Zacisnąłem dłoń w pięść i ruszyłem na drzwi. 

Gdy tylko mój atak dotknął tytanu, powietrze rozstąpiło się na boki a fala huku przeszyła okolicę. Energia One For All rozsadziła metal a jego skrawki powbijały się w ziemię naokoło. Zmieszany dym piachu i kurzu na chwilę zapanował na placu. 

Rozluźniłem dłoń i spojrzałem w stronę rozwalonego wejścia. Spokojnie wyprostowałem się i poprawiłem rękawicę po ataku. Zrobiłem pierwszy krok. Zaraz jednak zastygłem czując jak błysk ostrzeżenia przeszywa moją głowę. Z zadymionego wejścia wybiegła jakaś postać. Zauważyłem ją w ostatniej sekundzie kiedy ta zamachnęła się na mnie jakąś maszyną. Zrobiłem unik i cofnąłem się do tyłu by zdobyć dystans, lecz mój wróg nie zamierzał mi na to pozwolić. Szybkim ruchem znalazł się zaraz obok mnie. Dźwięk mechanicznej piły doszedł do moich uszu a sama maszyna nagle przebiła się przez dym, celując we mnie.

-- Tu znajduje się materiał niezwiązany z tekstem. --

ghost use Rattle.std.specs.Prelude.{◌≡◌, ◌+◌, ◌<◌, ◌≤◌, [], length};
ghost use Rattle.fp_eqs.specs.Equations.{Serves, IsEvaluated};
ghost use Rattle.fp_eqs.specs.Makers.{IsMakerOf};

use crate::ask::Ask;
use crate::gives::Gives;
use crate::start::{Bound, Start};
use crate::system::System;
use std::marker::Model;
use std::sync::ledger::{Blank, Book, Ledger, Share};

/// A system whose evaluations are counted, by a number that is not there at run time.
///
/// It has the calls of a system, of which only `eval` raises the number. It is no system itself, so that nobody counts
/// afresh, and it never hands its system out.
#[derive(Drop)]
pub struct Counted<'s, S: System, L: Ledger> {
    system: &'s S,
    book: Book<L>,
    share: Share<L>,
}

impl<'s, S: System, L: Ledger> Model for Counted<'s, S, L> {
    ghost use Rattle.std.specs.Prelude.{◌<◌};
    ghost use Rattle.fp_eqs.specs.Counting.{CountedSystem};

    ghost Value = { CountedSystem S };

    ghost view = { λ c. record { system = c.system.now; evals = c.book.total } };

    ghost invariant = { λ c. 0 < c.share.parts };
}

impl<'s, S: System, L: Ledger> Counted<'s, S, L> {
    /// The system with no evaluation counted yet, in a new ledger.
    pub fn new(system: &'s S, blank: Blank) -> Counted<'s, S, L>
        requires name { blank.name ≡ L.name }
        requires parts { blank.parts ≡ L.parts }
        requires some { 0 < blank.parts }
        ensures system { result.system ≡ system.now }
        ensures evals { result.evals ≡ 0 }
    {
        let (book, share) = blank.open();
        Counted {
            system,
            book,
            share,
        }
    }

    /// How many places there are.
    pub fn places(&self) -> u32
        ensures { result ≡ (S.equations self.now.system).places }
    {
        self.system.places()
    }

    /// How many tasks there are.
    pub fn tasks(&self) -> u32
        ensures { result ≡ (S.equations self.now.system).tasks }
    {
        self.system.tasks()
    }

    /// When a task is started.
    pub fn start(&self, task: u32) -> Start
        requires { task < (S.equations self.now.system).tasks }
        ensures { result ≡ ((S.equations self.now.system).task task).start }
    {
        self.system.start(task)
    }

    /// The bounds of a task.
    pub fn bound(&self, task: u32) -> Bound
        requires { task < (S.equations self.now.system).tasks }
        ensures asks { result.asks ≡ ((S.equations self.now.system).task task).asks }
        ensures gives { result.gives ≡ ((S.equations self.now.system).task task).gives }
    {
        self.system.bound(task)
    }

    /// The value that a place starts with.
    pub fn fixed(&self, place: u32) -> u64
        requires { place < (S.equations self.now.system).places }
        ensures { result ≡ (S.equations self.now.system).fixed place }
    {
        self.system.fixed(place)
    }

    /// Whether a place is shown.
    pub fn shown(&self, place: u32) -> bool
        requires { place < (S.equations self.now.system).places }
        ensures { result ≡ (S.equations self.now.system).shown place }
    {
        self.system.shown(place)
    }

    /// The `k`-th lazy task, in ascending order and counted from 0, that can give to a place, or `None` where there are
    /// not so many.
    pub fn maker(&self, place: u32, k: u32) -> Option<u32>
        requires { place < (S.equations self.now.system).places }
        ensures { IsMakerOf (S.equations self.now.system).task (S.equations self.now.system).tasks place k result }
    {
        self.system.maker(place, k)
    }

    /// Runs a task's transfer function, as the system does, and counts it.
    pub fn eval<A: Ask>(&mut self, task: u32, ask: &mut A, give: &mut Gives)
        requires task { task < (S.equations self.old.system).tasks }
        requires fresh { A.answers ask.old ≡ [] }
        requires serves { Serves (A.allows (A.base ask.old)) ((S.equations self.old.system).task task) }
        requires room { ((S.equations self.old.system).task task).gives ≤ give.old.spare }
        ensures system { self.new.system ≡ self.old.system }
        ensures evals { self.new.evals ≡ self.old.evals + 1 }
        ensures base { A.base ask.new ≡ A.base ask.old }
        ensures evaluated { IsEvaluated ((S.equations self.old.system).task task) (A.answers ask.new) give.old.list give.new.list }
        ensures kept { give.new.spare + length give.new.list ≡ give.old.spare + length give.old.list }
    {
        self.book.add(&mut self.share, 1);
        self.system.eval(task, ask, give)
    }
}
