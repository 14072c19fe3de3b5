use sqlite_items::Items;

/// What a solver found: a value for each place, and whether the place is demanded.
#[derive(Debug, Drop)]
pub struct Solved {
    /// The values, by place. Those of places that are not demanded may stay within the solution.
    pub values: Items<u64>,
    /// Whether each place is demanded.
    pub wanted: Items<bool>,
}
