/// When a task is started.
#[derive(Clone, Copy, Debug, PartialEq, Eq)]
pub enum Start {
    /// From the first.
    Always,
    /// From the first, but it has an effect only once its trigger, this place, is not 0.
    Triggered(u32),
    /// As soon as a place that it makes is demanded.
    Lazy,
}

/// The bounds of a task: how many places it uses, and to how many it gives, at most.
#[derive(Clone, Copy, Debug, PartialEq, Eq)]
pub struct Bound {
    /// The most places that an evaluation asks.
    pub asks: u32,
    /// The most contributions that an evaluation adds.
    pub gives: u32,
}
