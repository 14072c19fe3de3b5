ghost use Rattle.std.specs.Prelude.{◌≡◌, ◌+◌, ◌<◌, ◌≤◌, ℕ, [], length};
ghost use Rattle.fp_eqs.specs.Equations.{Tasks, AllLawful, Serves, IsEvaluated};
ghost use Rattle.fp_eqs.specs.Makers.{IsMakerOf};

use crate::ask::Ask;
use crate::gives::Gives;
use crate::start::{Bound, Start};

/// The tasks of one analysis, numbered from 0, over the places that it was made with. A system is put together of
/// analyses. No call takes memory.
pub trait Analysis {
    ghost meaning: { Self → Tasks };

    ghost places: { Self → ℕ };

    ghost lawful: { (analysis : Self) → AllLawful (places analysis) (meaning analysis) };

    /// How many tasks there are.
    fn tasks(&self) -> u32
        ensures { result ≡ (meaning self.now).count };

    /// When a task is started.
    fn start(&self, task: u32) -> Start
        requires { task < (meaning self.now).count }
        ensures { result ≡ ((meaning self.now).task task).start };

    /// The bounds of a task.
    fn bound(&self, task: u32) -> Bound
        requires { task < (meaning self.now).count }
        ensures asks { result.asks ≡ ((meaning self.now).task task).asks }
        ensures gives { result.gives ≡ ((meaning self.now).task task).gives };

    /// The `k`-th lazy task, in ascending order and counted from 0, that can give to a place, or `None` where there are
    /// not so many.
    fn maker(&self, place: u32, k: u32) -> Option<u32>
        requires { place < places self.now }
        ensures { IsMakerOf (meaning self.now).task (meaning self.now).count place k result };

    /// Runs a task's transfer function: it asks for the values of exactly the places that it uses at the values answered,
    /// and adds exactly its contributions there.
    fn eval<A: Ask>(&self, task: u32, ask: &mut A, give: &mut Gives)
        requires task { task < (meaning self.now).count }
        requires fresh { A.answers ask.old ≡ [] }
        requires serves { Serves (A.allows (A.base ask.old)) ((meaning self.now).task task) }
        requires room { ((meaning self.now).task task).gives ≤ give.old.spare }
        ensures base { A.base ask.new ≡ A.base ask.old }
        ensures evaluated { IsEvaluated ((meaning self.now).task task) (A.answers ask.new) give.old.list give.new.list }
        ensures kept { give.new.spare + length give.new.list ≡ give.old.spare + length give.old.list };
}
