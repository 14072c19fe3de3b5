ghost use Rattle.std.specs.Prelude.{◌≡◌, ◌+◌, ◌<◌, ◌≤◌, [], length};
ghost use Rattle.fp_eqs.specs.Equations.{Equations, IsMonotone, Serves, IsEvaluated};
ghost use Rattle.fp_eqs.specs.Makers.{IsMakerOf};

use crate::ask::Ask;
use crate::gives::Gives;
use crate::start::{Bound, Start};

/// A system of monotone equations over numbered places, whose values are words of 64 bits.
///
/// Each task has a transfer function, which uses some places of an assignment and contributes bits to others. All calls
/// but making a system take no memory.
pub trait System {
    ghost equations: { Self → Equations };

    ghost monotone: { (system : Self) → IsMonotone (equations system) };

    /// How many places there are.
    fn places(&self) -> u32
        ensures { result ≡ (equations self.now).places };

    /// How many tasks there are.
    fn tasks(&self) -> u32
        ensures { result ≡ (equations self.now).tasks };

    /// When a task is started.
    fn start(&self, task: u32) -> Start
        requires { task < (equations self.now).tasks }
        ensures { result ≡ ((equations self.now).task task).start };

    /// The bounds of a task.
    fn bound(&self, task: u32) -> Bound
        requires { task < (equations self.now).tasks }
        ensures asks { result.asks ≡ ((equations self.now).task task).asks }
        ensures gives { result.gives ≡ ((equations self.now).task task).gives };

    /// The value that a place starts with.
    fn fixed(&self, place: u32) -> u64
        requires { place < (equations self.now).places }
        ensures { result ≡ (equations self.now).fixed place };

    /// Whether a place is shown.
    fn shown(&self, place: u32) -> bool
        requires { place < (equations self.now).places }
        ensures { result ≡ (equations self.now).shown place };

    /// The `k`-th lazy task, in ascending order and counted from 0, that can give to a place, or `None` where there are
    /// not so many.
    fn maker(&self, place: u32, k: u32) -> Option<u32>
        requires { place < (equations self.now).places }
        ensures { IsMakerOf (equations self.now).task (equations self.now).tasks place k result };

    /// Runs a task's transfer function: it asks for the values of exactly the places that it uses at the values answered,
    /// and adds exactly its contributions there.
    fn eval<A: Ask>(&self, task: u32, ask: &mut A, give: &mut Gives)
        requires task { task < (equations self.now).tasks }
        requires fresh { A.answers ask.old ≡ [] }
        requires serves { Serves (A.allows (A.base ask.old)) ((equations self.now).task task) }
        requires room { ((equations self.now).task task).gives ≤ give.old.spare }
        ensures base { A.base ask.new ≡ A.base ask.old }
        ensures evaluated { IsEvaluated ((equations self.now).task task) (A.answers ask.new) give.old.list give.new.list }
        ensures kept { give.new.spare + length give.new.list ≡ give.old.spare + length give.old.list };
}
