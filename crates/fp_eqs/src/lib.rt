//! Systems of monotone equations over numbered places: their contract, their laws, and the plain
//! solver.
#![tactic(auto)]

mod analysis;
mod ask;
mod both;
mod counted;
mod demo;
mod gives;
mod laws;
mod naming;
mod plain;
mod solved;
mod start;
mod system;

pub use analysis::Analysis;
pub use ask::Ask;
pub use both::Both;
pub use counted::Counted;
pub use demo::Demo;
pub use gives::Gives;
pub use laws::{law_demand, law_solution};
pub use naming::Naming;
pub use plain::rounds;
pub use solved::Solved;
pub use start::{Bound, Start};
pub use system::System;
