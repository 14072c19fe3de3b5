ghost use Rattle.std.specs.Prelude.{◌≡◌, ◌+◌, ◌<◌, ◌≤◌, [], ◌∷◌, ◌++◌, length, OnOk, OnErr};

use std::alloc::{AllocError, Global};
use std::marker::Model;

/// A list of contributions, each a place and bits, with room for some more.
#[derive(Debug, Drop)]
pub struct Gives {
    pairs: Vec<(u32, u64)>,
}

impl Model for Gives {
    ghost use Rattle.std.specs.Prelude.{◌-◌, length, vec_capacity};
    ghost use Rattle.fp_eqs.specs.Giving.{Giving};

    ghost Value = { Giving };

    ghost view = { λ g. record { list = g.pairs.items; spare = vec_capacity g.pairs - length g.pairs.items } };
}

impl Gives {
    /// An empty list with no spare room.
    pub fn new(alloc: Global) -> Gives
        ensures list { result.list ≡ [] }
        ensures spare { result.spare ≡ 0 }
    {
        Gives {
            pairs: Vec::new(alloc),
        }
    }

    /// Makes room for so many more contributions.
    pub fn reserve(&mut self, more: u32) -> Result<(), AllocError>
        ensures list { self.new.list ≡ self.old.list }
        ensures room { OnOk result (more ≤ self.new.spare) }
        ensures err { OnErr result (self.new ≡ self.old) }
    {
        self.pairs.reserve(more as usize)
    }

    /// Adds a contribution, in the room that is there.
    pub fn add(&mut self, place: u32, bits: u64)
        requires { 0 < self.old.spare }
        ensures list { self.new.list ≡ self.old.list ++ (place, bits) ∷ [] }
        ensures spare { self.new.spare + 1 ≡ self.old.spare }
    {
        self.pairs.push_reserved((place, bits));
    }

    /// Empties the list, whose room is spare then.
    pub fn clear(&mut self)
        ensures list { self.new.list ≡ [] }
        ensures spare { self.new.spare ≡ self.old.spare + length self.old.list }
    {
        self.pairs.clear();
    }

    /// The contributions.
    pub fn list(&self) -> &[(u32, u64)]
        ensures { result.now ≡ self.now.list }
    {
        self.pairs.as_slice()
    }
}
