//! Laws of systems of monotone equations.
ghost use Rattle.fp_eqs.specs.Demand.{IsLeastDemand, demand};
ghost use Rattle.fp_eqs.specs.Equations.{Equations, IsMonotone};
ghost use Rattle.fp_eqs.specs.Solution.{IsLeastSolution, solution};

/// A law: the solution of a monotone system is its least assignment that holds what is fixed and is closed under its tasks.
pub fn law_solution()
    ensures { (e : Equations) → IsMonotone e → IsLeastSolution e (solution e) }
{}

/// A law: the demand of a monotone system is its least set of places that holds the shown ones and what the tasks which it starts use at the solution.
pub fn law_demand()
    ensures { (e : Equations) → IsMonotone e → IsLeastDemand e (demand e) }
{}
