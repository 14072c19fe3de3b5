ghost use Rattle.std.specs.Prelude.{◌≡◌, IfOk, slice_index};
ghost use Rattle.fp_eqs.specs.Demand.{IsLeastDemand};
ghost use Rattle.fp_eqs.specs.Solution.{IsLeastSolution, solution};
ghost use Rattle.fp_eqs.specs.Solved.{IsSolved, flag_at};

mod known;
mod needs;
mod values;
mod wanted;

use crate::solved::Solved;
use crate::system::System;
use sqlite_items::Items;
use std::alloc::{AllocError, Global};
use values::solved_values;
use wanted::wanted_places;

/// Solves a system: its values by whole rounds over all places and tasks, as the definition of its
/// solution does, and then its demand by starting each task at most once.
///
/// It is plain and slow: one round per bit of the system and one more, at most.
pub fn rounds<S: System>(alloc: Global, system: &S) -> Result<Solved, AllocError>
    ensures solved { IfOk result (IsSolved (S.equations system.now)) }
    ensures solution { IfOk result (λ s. slice_index s.values ≡ solution (S.equations system.now)) }
    ensures least { IfOk result (λ s. IsLeastSolution (S.equations system.now) (slice_index s.values)) }
    ensures least_demand { IfOk result (λ s. IsLeastDemand (S.equations system.now) (flag_at s.wanted)) }
{
    let values = solved_values(alloc, system)?;
    let wanted = wanted_places(alloc, system, &values)?;
    let values = Items::from_vec(values);
    let wanted = Items::from_vec(wanted);
    Ok(Solved { values, wanted })
}
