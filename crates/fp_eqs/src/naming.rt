ghost use Rattle.fp_eqs.specs.Equations.{Equations, IsMonotone};

use std::marker::Brand;

/// Names a system in types, for a store that many threads share. A caller picks the system at a
/// call with `Brand`.
pub trait Naming {
    ghost equations: { Equations };

    ghost monotone: { IsMonotone equations };
}

impl Naming for Brand {
    ghost use Rattle.fp_eqs.specs.Demos.{chain, chain-laws};

    ghost equations = { chain 2 };

    ghost monotone = { chain-laws 2 };
}
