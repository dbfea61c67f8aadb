// All pending inputs as one Input, its payload packed straight into the queue.
// The buffer and the place in it are two parameters: the queue is the owner's, and the clauses (`QueuedAs`) are over the whole buffer and the place.
ghost use Rattle.std.specs.Prelude.{◌≡◌, ◌+◌, ◌*◌, length};
ghost use Rattle.status.specs.Statuses.{held_statuses};
ghost use Rattle.pending.specs.Pending.{waiting};
ghost use Rattle.outbox.specs.Outbox.{QueuedAs, StatusReportsAs, InputSizedAs, pending_input};

use answer::Refusal;
use codec::{FIXED_SIZES, Message, MessageBody, STATUS_SIZE, StatusReport, StatusReports};
use packing::InputBytes;
use pending::Pending;
use status::Statuses;

// The statuses as they travel: never more than a message may have.
#[tactic(auto, using(base::proofs::Arrays::copy_turn, status::proofs::Held::held_le, base::proofs::Arrays::unmap), unfolding(crate::specs::Outbox::report_of))]
fn reports_of(statuses: Statuses) -> StatusReports
    ensures { StatusReportsAs (held_statuses statuses) result }
{
    let mut reports = codec::no_reports();
    for i in 0..statuses.count() {
        let status = statuses.get(i);
        reports.list[i] = StatusReport {
            disconnected: status.disconnected,
            last_frame: status.last_frame,
        };
    }
    reports.count = statuses.count();
    reports
}

// Only a running endpoint sends inputs, so none requests a disconnect.
pub fn pending_input(
    out: &mut [u8],
    at: usize,
    magic: u16,
    ack: u32,
    statuses: Statuses,
    pending: &Pending,
    width: usize,
    acked: InputBytes,
) -> Result<usize, Refusal>
    ensures { QueuedAs out.old at (pending_input magic ack (held_statuses statuses) (waiting pending.now) width acked) result out.new }
{
    let message = Message {
        magic,
        body: MessageBody::Input {
            disconnect_requested: false,
            start_frame: pending.first_frame(frame::NULL_FRAME),
            ack_frame: ack,
        },
        reports: reports_of(statuses),
    };
    let size = pending.payload_size(width);
    let end = codec::write_head(out, at, message, size)?;
    pending.pack_all(out, end, width, &acked);
    Ok(end + size)
}

// The bytes that it takes, for a caller that must know that several messages fit before it writes
// any.
#[tactic(auto, using(status::proofs::Held::held_le, base::proofs::Arrays::unmap), unfolding(crate::specs::Outbox::pending_input))]
pub fn input_size(statuses: Statuses, pending: &Pending, width: usize) -> usize
    ensures { InputSizedAs (held_statuses statuses) (waiting pending.now) width result }
{
    FIXED_SIZES[2] + STATUS_SIZE * statuses.count() + pending.payload_size(width)
}
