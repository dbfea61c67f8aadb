// The send queue: a lent byte buffer in which messages stand back to back. One more is written at
// its end, or nothing where it does not fit.
// The buffer and the place in it are two parameters: the queue is the owner's, and the clauses (`QueuedAs`) are over the whole buffer and the place.
#![tactic(auto)]

mod inputs;

ghost use Rattle.codec.specs.Read.{body_only};
ghost use Rattle.outbox.specs.Outbox.{QueuedAs};

use answer::Refusal;
use codec::{Message, MessageBody};
pub use inputs::{input_size, pending_input};

// A message without statuses and payload. Answers where the queue now ends.
#[tactic(auto, using(codec::proofs::Meant::meant_body_only, crate::proofs::Writes::queued, base::proofs::Arrays::unmap))]
pub fn body_only(out: &mut [u8], at: usize, magic: u16, body: MessageBody) -> Result<usize, Refusal>
    ensures { QueuedAs out.old at (body_only magic body) result out.new }
{
    let message = Message {
        magic,
        body,
        reports: codec::no_reports(),
    };
    codec::write(out, at, message, &[])
}
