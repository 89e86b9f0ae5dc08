//! Where connections come from, for a program that serves one agent's REST interface: in memory, or on a TCP socket.
#![tactic(auto)]

mod answers;
mod call;
mod door;
mod laws;
mod listener;
mod memory;
mod unread;

pub use door::Door;
pub use laws::{earlier_answers_stay, pieces_make_the_whole};
pub use listener::ListenerDoor;
pub use memory::MemoryDoor;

Odchyliłem się do tyłu, a z pomocą czarnego bicza złapałem za piłę i pociągnąłem, sprawiając, że mój wróg odkrył się. Wykorzystałem to i napędzając nogi Fa Jin, uderzyłem postać kolanem w żuchwę. Zdezorientowany przeciwnik zachwiał się nie pewnie. Ja nie tracąc czasu podciąłem mu nogi i powaliłem na ziemię. Zaraz potem zadałem kolejny cios. Fala uderzenia rozwiała dym ukazując nieprzytomnego wroga.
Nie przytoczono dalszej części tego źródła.